→ **DESCRIPTION OF THE TASK**
Look through the records below and collect all lines that hold the string "there".

(Items from a data source)
BEGIN

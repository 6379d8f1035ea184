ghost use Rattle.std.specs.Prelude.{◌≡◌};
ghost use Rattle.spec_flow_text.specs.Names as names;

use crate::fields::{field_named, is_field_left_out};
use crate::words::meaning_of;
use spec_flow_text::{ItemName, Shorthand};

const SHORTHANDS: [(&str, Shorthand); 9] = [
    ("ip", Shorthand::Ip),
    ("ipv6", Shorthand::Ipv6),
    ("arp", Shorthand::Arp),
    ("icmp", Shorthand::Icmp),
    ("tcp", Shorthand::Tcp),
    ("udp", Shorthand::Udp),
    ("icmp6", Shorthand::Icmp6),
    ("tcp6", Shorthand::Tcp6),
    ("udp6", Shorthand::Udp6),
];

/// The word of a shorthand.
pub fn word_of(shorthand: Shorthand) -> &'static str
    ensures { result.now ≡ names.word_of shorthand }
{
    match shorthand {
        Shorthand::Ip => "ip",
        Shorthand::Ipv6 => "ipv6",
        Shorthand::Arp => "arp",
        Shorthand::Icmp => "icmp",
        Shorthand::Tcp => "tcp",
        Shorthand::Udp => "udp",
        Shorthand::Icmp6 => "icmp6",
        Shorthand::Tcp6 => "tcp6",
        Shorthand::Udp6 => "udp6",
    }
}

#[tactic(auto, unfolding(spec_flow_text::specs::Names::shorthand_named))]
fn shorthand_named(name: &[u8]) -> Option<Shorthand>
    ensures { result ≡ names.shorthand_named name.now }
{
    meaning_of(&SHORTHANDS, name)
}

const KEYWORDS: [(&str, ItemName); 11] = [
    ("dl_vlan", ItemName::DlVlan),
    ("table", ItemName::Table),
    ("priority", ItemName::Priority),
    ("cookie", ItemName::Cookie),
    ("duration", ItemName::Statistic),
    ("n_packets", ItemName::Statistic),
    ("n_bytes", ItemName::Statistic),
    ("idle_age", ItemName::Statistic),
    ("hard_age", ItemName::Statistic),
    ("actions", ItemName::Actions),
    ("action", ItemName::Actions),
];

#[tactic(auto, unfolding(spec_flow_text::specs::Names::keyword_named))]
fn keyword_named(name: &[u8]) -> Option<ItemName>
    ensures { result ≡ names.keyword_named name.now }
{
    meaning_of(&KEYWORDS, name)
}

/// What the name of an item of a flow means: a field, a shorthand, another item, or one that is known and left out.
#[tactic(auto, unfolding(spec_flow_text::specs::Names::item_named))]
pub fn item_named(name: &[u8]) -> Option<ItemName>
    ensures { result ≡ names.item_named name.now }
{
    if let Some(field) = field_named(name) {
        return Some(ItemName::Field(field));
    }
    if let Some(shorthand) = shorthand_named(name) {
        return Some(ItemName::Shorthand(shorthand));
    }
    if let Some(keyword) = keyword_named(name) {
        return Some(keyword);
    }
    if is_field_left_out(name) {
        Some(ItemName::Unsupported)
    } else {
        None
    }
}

END
BEGIN

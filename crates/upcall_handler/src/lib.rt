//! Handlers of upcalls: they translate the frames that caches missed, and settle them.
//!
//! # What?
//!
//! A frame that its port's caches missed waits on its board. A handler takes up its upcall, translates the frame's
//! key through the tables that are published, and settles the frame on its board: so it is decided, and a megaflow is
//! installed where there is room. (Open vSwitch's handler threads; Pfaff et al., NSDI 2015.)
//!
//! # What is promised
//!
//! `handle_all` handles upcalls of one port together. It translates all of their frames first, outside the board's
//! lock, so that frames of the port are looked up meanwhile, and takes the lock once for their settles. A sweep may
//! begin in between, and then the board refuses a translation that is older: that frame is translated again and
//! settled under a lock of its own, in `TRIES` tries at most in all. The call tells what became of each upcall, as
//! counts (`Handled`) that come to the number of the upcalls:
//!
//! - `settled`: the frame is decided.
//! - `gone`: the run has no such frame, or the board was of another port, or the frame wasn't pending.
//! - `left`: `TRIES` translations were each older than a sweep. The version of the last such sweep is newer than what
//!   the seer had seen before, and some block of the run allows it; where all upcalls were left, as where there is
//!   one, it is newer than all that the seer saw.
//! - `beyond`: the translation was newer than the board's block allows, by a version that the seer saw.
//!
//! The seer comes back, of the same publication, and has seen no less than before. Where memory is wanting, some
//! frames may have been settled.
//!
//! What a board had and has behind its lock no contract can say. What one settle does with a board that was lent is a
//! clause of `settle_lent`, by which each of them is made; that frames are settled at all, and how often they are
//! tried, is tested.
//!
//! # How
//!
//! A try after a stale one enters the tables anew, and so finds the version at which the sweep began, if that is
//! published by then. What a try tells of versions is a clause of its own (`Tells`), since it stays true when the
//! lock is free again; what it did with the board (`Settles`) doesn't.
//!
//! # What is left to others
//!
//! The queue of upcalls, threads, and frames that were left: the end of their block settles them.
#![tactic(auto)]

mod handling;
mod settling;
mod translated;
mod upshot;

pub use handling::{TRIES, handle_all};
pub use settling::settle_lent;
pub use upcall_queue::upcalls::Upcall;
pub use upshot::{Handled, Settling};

END
BEGIN

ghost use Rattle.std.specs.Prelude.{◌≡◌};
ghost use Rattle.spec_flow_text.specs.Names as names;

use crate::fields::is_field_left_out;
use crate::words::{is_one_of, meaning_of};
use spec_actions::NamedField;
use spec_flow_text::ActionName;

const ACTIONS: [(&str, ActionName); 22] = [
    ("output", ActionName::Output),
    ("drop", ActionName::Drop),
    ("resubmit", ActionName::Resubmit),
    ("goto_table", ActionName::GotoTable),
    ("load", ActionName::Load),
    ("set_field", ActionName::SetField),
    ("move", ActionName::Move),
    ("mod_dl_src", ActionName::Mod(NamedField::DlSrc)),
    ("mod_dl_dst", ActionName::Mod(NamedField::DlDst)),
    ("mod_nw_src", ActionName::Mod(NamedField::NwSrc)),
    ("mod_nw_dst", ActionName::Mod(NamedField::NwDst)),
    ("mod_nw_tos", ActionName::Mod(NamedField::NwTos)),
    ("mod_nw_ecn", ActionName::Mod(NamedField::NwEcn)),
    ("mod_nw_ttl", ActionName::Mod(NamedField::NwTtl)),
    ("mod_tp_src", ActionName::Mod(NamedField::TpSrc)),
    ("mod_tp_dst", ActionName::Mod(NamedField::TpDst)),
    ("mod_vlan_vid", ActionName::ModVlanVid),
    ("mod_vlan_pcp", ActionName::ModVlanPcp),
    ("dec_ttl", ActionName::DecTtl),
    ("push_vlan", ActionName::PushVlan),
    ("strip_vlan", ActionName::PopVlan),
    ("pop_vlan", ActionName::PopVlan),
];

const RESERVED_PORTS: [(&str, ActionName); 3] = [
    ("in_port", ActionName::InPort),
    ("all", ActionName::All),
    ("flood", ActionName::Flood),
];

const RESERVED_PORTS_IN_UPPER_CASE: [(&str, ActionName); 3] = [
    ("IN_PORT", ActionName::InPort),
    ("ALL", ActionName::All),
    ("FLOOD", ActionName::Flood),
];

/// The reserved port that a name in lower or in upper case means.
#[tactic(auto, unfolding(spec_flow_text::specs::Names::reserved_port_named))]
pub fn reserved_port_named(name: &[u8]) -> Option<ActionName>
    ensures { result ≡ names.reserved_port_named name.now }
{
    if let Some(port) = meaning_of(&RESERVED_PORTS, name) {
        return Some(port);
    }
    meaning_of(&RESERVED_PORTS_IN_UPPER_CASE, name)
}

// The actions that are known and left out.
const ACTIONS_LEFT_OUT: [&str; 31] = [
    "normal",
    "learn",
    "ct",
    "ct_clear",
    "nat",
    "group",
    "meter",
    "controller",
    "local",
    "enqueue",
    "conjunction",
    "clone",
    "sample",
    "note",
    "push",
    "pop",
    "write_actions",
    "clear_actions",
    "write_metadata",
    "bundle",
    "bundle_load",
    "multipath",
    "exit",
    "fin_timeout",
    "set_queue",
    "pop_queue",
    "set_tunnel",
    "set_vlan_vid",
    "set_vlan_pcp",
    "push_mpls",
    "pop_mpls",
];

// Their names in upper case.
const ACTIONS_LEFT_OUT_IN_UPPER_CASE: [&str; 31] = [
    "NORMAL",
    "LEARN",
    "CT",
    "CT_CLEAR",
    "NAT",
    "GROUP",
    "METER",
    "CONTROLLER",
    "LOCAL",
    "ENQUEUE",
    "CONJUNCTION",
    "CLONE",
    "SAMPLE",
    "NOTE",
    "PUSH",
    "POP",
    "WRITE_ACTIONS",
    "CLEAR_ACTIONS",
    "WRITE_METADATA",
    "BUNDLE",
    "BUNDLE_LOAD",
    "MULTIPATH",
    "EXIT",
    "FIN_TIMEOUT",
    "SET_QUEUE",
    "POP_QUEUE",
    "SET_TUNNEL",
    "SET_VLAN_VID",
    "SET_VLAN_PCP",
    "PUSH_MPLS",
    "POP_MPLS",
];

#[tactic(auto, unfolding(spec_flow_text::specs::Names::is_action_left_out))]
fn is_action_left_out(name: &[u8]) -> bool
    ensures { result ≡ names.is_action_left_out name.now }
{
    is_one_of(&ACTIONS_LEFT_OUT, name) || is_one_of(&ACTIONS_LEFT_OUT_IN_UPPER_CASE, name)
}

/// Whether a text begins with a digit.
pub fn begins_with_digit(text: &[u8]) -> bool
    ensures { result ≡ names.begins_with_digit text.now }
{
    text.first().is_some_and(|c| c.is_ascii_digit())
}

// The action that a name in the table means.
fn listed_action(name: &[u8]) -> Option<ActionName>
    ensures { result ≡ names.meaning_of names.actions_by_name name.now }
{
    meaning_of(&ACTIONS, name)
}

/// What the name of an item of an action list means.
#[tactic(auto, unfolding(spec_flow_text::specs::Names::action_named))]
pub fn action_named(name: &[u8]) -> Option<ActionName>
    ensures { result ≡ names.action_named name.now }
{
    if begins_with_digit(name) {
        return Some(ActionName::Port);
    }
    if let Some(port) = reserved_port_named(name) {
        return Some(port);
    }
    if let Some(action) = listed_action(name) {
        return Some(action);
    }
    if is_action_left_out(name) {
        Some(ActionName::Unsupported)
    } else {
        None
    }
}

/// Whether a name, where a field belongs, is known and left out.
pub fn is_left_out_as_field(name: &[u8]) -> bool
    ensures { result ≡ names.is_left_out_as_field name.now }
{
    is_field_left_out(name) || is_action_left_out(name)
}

END

→ **EXERCISE OUTPUT**
//! installed where there is room. (Open vSwitch's handler threads; Pfaff et al., NSDI 2015.)
//!   the seer had seen before, and some block of the run allows it; where all upcalls were left, as where there is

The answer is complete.